Action item: Set out exactly every line of the entries below, starting at the line that holds "use std::alloc::Global;" and stopping after the line that holds "fault give nothing.".
** Extracted records follows **
//! What the lines of a grammar text give, collected line by line.
ghost use Rattle.std.specs.Prelude.{◌≡◌, ◌≤◌, ◌<◌, ◌^◌, ◌∷◌, [], ◌++◌, ◌||◌, List, IfOk, OnOk, IfErr, Some, vec_len, option_map, if◌then◌else◌};
ghost use Rattle.std.specs.List.{list_any};
ghost use Rattle.std.specs.Str.{bytes_eq};
ghost use Rattle.std.specs.BTreeMap.{get, IsOrdered};
ghost use Rattle.std.specs.BTreeSet.{contains};
ghost use Rattle.lalrpop_base.specs.Words.{name_cmp};
ghost use Rattle.grammar_text.specs.declared.lines.PlacedLine.{PlacedLine};
ghost use Rattle.lalrpop_grammar.specs.declared.repr.TerminalString.{TerminalString};
ghost use Rattle.lalrpop_grammar.specs.declared.repr.NonterminalString.{NonterminalString};
ghost use Rattle.grammar_text.specs.Grammar.{with_production, with_mark, user_action, terminal_cmp, terminals_of};
ghost use Rattle.lalrpop_grammar.specs.grammars.Entries.{entry_view};
ghost use Rattle.grammar_text.specs.Collected.{IsCollected, IsSoFar, IsAddError, is_same, production_at, inline_at};
ghost use Rattle.grammar_text.specs.declared.read_error.ReadError.TheVariants.{TooManyActions};

use crate::lines::{Line, PlacedLine};
use crate::read_error::ReadError;
use lalrpop_base::memory::OutOfMemory;
use lalrpop_base::repr::grammar::{ActionFnDefn, ActionFnDefnKind, Attribute, NonterminalData};
use lalrpop_base::repr::{
    ActionFn, NonterminalString, Production, Span, Symbol, Symbols, TerminalString,
};
use lalrpop_base::text::Text;
use std::alloc::Global;
use std::collections::{BTreeMap, BTreeSet};

/// The entries, terminals and actions of the lines so far.
#[derive(Drop)]
pub struct Collected {
    pub nonterminals: BTreeMap<NonterminalString, NonterminalData>,
    pub terminals: BTreeSet<TerminalString>,
    pub action_fn_defns: Vec<ActionFnDefn>,
}

impl Collected {
    /// What an empty list of lines gives.
    pub fn new(alloc: Global) -> Collected
        ensures { IsCollected [] result }
    {
        Collected {
            nonterminals: BTreeMap::new(alloc),
            terminals: BTreeSet::new(alloc),
            action_fn_defns: Vec::new(alloc),
        }
    }

    /// What lines give, or why it could not be collected.
    pub fn of_lines(alloc: Global, lines: Vec<PlacedLine>) -> Result<Collected, ReadError>
        ensures { IsSoFar lines.items result }
    {
        let mut so_far = Ok(Collected::new(alloc));
        for line in lines {
            so_far = with_line(alloc, so_far, line);
        }
        so_far
    }

    // Adds what a line gives. A blank line and a fault give nothing.
    fn add(&mut self, alloc: Global, line: PlacedLine) -> Result<(), ReadError>
        ensures ok { OnOk result ((lines : List PlacedLine) →
            IsCollected lines self.old →
            IsCollected (lines ++ line ∷ []) self.new) }
        ensures few { OnOk result (vec_len self.old.action_fn_defns ≤ 2 ^ 32 →
            vec_len self.new.action_fn_defns ≤ 2 ^ 32) }
        ensures err { IfErr result (IsAddError self.old line) }
    {
        let PlacedLine { line, span } = line;
        match line {
            Line::Blank | Line::Fault => Ok(()),
            Line::Production(nonterminal, symbols) => {
                self.add_production(alloc, nonterminal, symbols, span)
            }
            Line::Inline(nonterminal) => Ok(self.add_mark(alloc, nonterminal, span)?),
        }
    }

    // Adds a production. It has the next action.
    fn add_production(
        &mut self,
        alloc: Global,
        nonterminal: NonterminalString,
        symbols: Symbols,
        span: Span,
    ) -> Result<(), ReadError>
        ensures ok { OnOk result ((lines : List PlacedLine) → IsCollected lines self.old →
            IsCollected (lines ++ production_at nonterminal symbols span ∷ []) self.new) }
        ensures few { OnOk result (vec_len self.new.action_fn_defns ≤ 2 ^ 32) }
        ensures err { IfErr result (IsAddError self.old (production_at nonterminal symbols span)) }
    {
        let action = action_after(self.action_fn_defns.len())?;
        self.action_fn_defns.push(user_defn(alloc)?)?;
        add_terminals(alloc, &mut self.terminals, symbols.as_slice())?;
        let name = nonterminal.clone(alloc)?;
        let production = Production {
            nonterminal,
            symbols,
            action,
            span,
        };
        add_to_entry(alloc, &mut self.nonterminals, name, production)?;
        Ok(())
    }
}

impl Collected {
    // Adds the mark of a nonterminal that is to be inlined.
    fn add_mark(
        &mut self,
        alloc: Global,
        nonterminal: NonterminalString,
        span: Span,
    ) -> Result<(), OutOfMemory>
        ensures ok { OnOk result ((lines : List PlacedLine) → IsCollected lines self.old →
            IsCollected (lines ++ inline_at nonterminal span ∷ []) self.new) }
        ensures same { self.new.action_fn_defns ≡ self.old.action_fn_defns }
    {
        let entry = self.nonterminals.remove(&nonterminal);
        let marked = marked_entry(alloc, entry, span)?;
        self.nonterminals.insert(nonterminal, marked)?;
        Ok(())
    }
}

/// What the lines so far and one more line give. An error of the lines so far stays.
pub fn with_line(
    alloc: Global,
    so_far: Result<Collected, ReadError>,
    line: PlacedLine,
) -> Result<Collected, ReadError>
    ensures { (lines : List PlacedLine) → IsSoFar lines so_far →
        IsSoFar (lines ++ line ∷ []) result }
{
    let mut collected = so_far?;
    collected.add(alloc, line)?;
    Ok(collected)
}

// The action with the number `count`, if `count` fits into 32 bits.
fn action_after(count: usize) -> Result<ActionFn, ReadError>
    ensures ok { IfOk result (λ action. action.0 ≡ count) }
    ensures few { OnOk result (count < 2 ^ 32) }
    ensures err { IfErr result (λ e. (e ≡ TooManyActions) × (2 ^ 32 ≤ count)) }
{
    match u32::try_from(count) {
        Ok(number) => Ok(ActionFn::new(number)),
        Err(_) => Err(ReadError::TooManyActions),
    }
}

// The definition of an action: it is the user's, returns `()`, and is not fallible.
fn user_defn(alloc: Global) -> Result<ActionFnDefn, OutOfMemory>
    ensures { IfOk result (λ defn. defn ≡ user_action) }
{
    Ok(ActionFnDefn {
        fallible: false,
        ret_type: Text::new(alloc, "()")?,
        kind: ActionFnDefnKind::User,
    })
}

// Adds the terminals among the symbols.
fn add_terminals(
    alloc: Global,
    terminals: &mut BTreeSet<TerminalString>,
    symbols: &[Symbol],
) -> Result<(), OutOfMemory>
    ensures { OnOk result ((t : TerminalString) → contains terminal_cmp terminals.new t
        ≡ (contains terminal_cmp terminals.old t
        || list_any (λ x. is_same x t) (terminals_of symbols.now))) }
{
    for symbol in symbols {
        add_terminal(alloc, terminals, symbol)?;
    }
    Ok(())
}

// Adds the symbol if it is a terminal.
fn add_terminal(
    alloc: Global,
    terminals: &mut BTreeSet<TerminalString>,
    symbol: &Symbol,
) -> Result<(), OutOfMemory>
    ensures { OnOk result ((t : TerminalString) → contains terminal_cmp terminals.new t
        ≡ (contains terminal_cmp terminals.old t
        || list_any (λ x. is_same x t) (terminals_of (symbol.now ∷ [])))) }
{
    if let Symbol::Terminal(terminal) = symbol {
        terminals.insert(terminal.clone(alloc)?)?;
    }
    Ok(())
}

// Adds a production to the entry of its nonterminal.
fn add_to_entry(
    alloc: Global,
    nonterminals: &mut BTreeMap<NonterminalString, NonterminalData>,
    name: NonterminalString,
    production: Production,
) -> Result<(), OutOfMemory>
    ensures entries { OnOk result ((a : NonterminalString) →
        option_map entry_view (get name_cmp nonterminals.new a)
        ≡ (if bytes_eq name.text a.text
        then with_production
        (option_map entry_view (get name_cmp nonterminals.old name)) production
        else option_map entry_view (get name_cmp nonterminals.old a))) }
    ensures ordered { OnOk result (IsOrdered name_cmp nonterminals.new) }
{
    let entry = nonterminals.remove(&name);
    let grown = grown_entry(alloc, entry, production)?;
    nonterminals.insert(name, grown)?;
    Ok(())
}

// The entry with the production added, or a new entry with the production alone.
fn grown_entry(
    alloc: Global,
    entry: Option<NonterminalData>,
    production: Production,
) -> Result<NonterminalData, OutOfMemory>
    ensures { IfOk result (λ grown. Some (entry_view grown) ≡ with_production
        (option_map entry_view entry) production) }
{
    let mut grown = match entry {
        Some(entry) => entry,
        None => NonterminalData {
            productions: Vec::new(alloc),
            attributes: Vec::new(alloc),
            span: production.span,
        },
    };
    grown.productions.push(production)?;
    Ok(grown)
}

// The entry with the mark `inline` added, or a new entry with the mark alone.
fn marked_entry(
    alloc: Global,
    entry: Option<NonterminalData>,
    span: Span,
) -> Result<NonterminalData, OutOfMemory>
    ensures { IfOk result
        (λ marked. Some (entry_view marked) ≡ with_mark (option_map entry_view entry) span) }
{
    let mut marked = match entry {
        Some(entry) => entry,
        None => NonterminalData {
            productions: Vec::new(alloc),
            attributes: Vec::new(alloc),
            span,
        },
    };
    marked.attributes.push(Attribute {
        id: Text::new(alloc, "inline")?,
    })?;
    Ok(marked)
}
** End of Extracted records **
Task solution:
use std::alloc::Global;
use std::collections::{BTreeMap, BTreeSet};

/// The entries, terminals and actions of the lines so far.
#[derive(Drop)]
pub struct Collected {
    pub nonterminals: BTreeMap<NonterminalString, NonterminalData>,
    pub terminals: BTreeSet<TerminalString>,
    pub action_fn_defns: Vec<ActionFnDefn>,
}

impl Collected {
    /// What an empty list of lines gives.
    pub fn new(alloc: Global) -> Collected
        ensures { IsCollected [] result }
    {
        Collected {
            nonterminals: BTreeMap::new(alloc),
            terminals: BTreeSet::new(alloc),
            action_fn_defns: Vec::new(alloc),
        }
    }

    /// What lines give, or why it could not be collected.
    pub fn of_lines(alloc: Global, lines: Vec<PlacedLine>) -> Result<Collected, ReadError>
        ensures { IsSoFar lines.items result }
    {
        let mut so_far = Ok(Collected::new(alloc));
        for line in lines {
            so_far = with_line(alloc, so_far, line);
        }
        so_far
    }

    // Adds what a line gives. A blank line and a fault give nothing.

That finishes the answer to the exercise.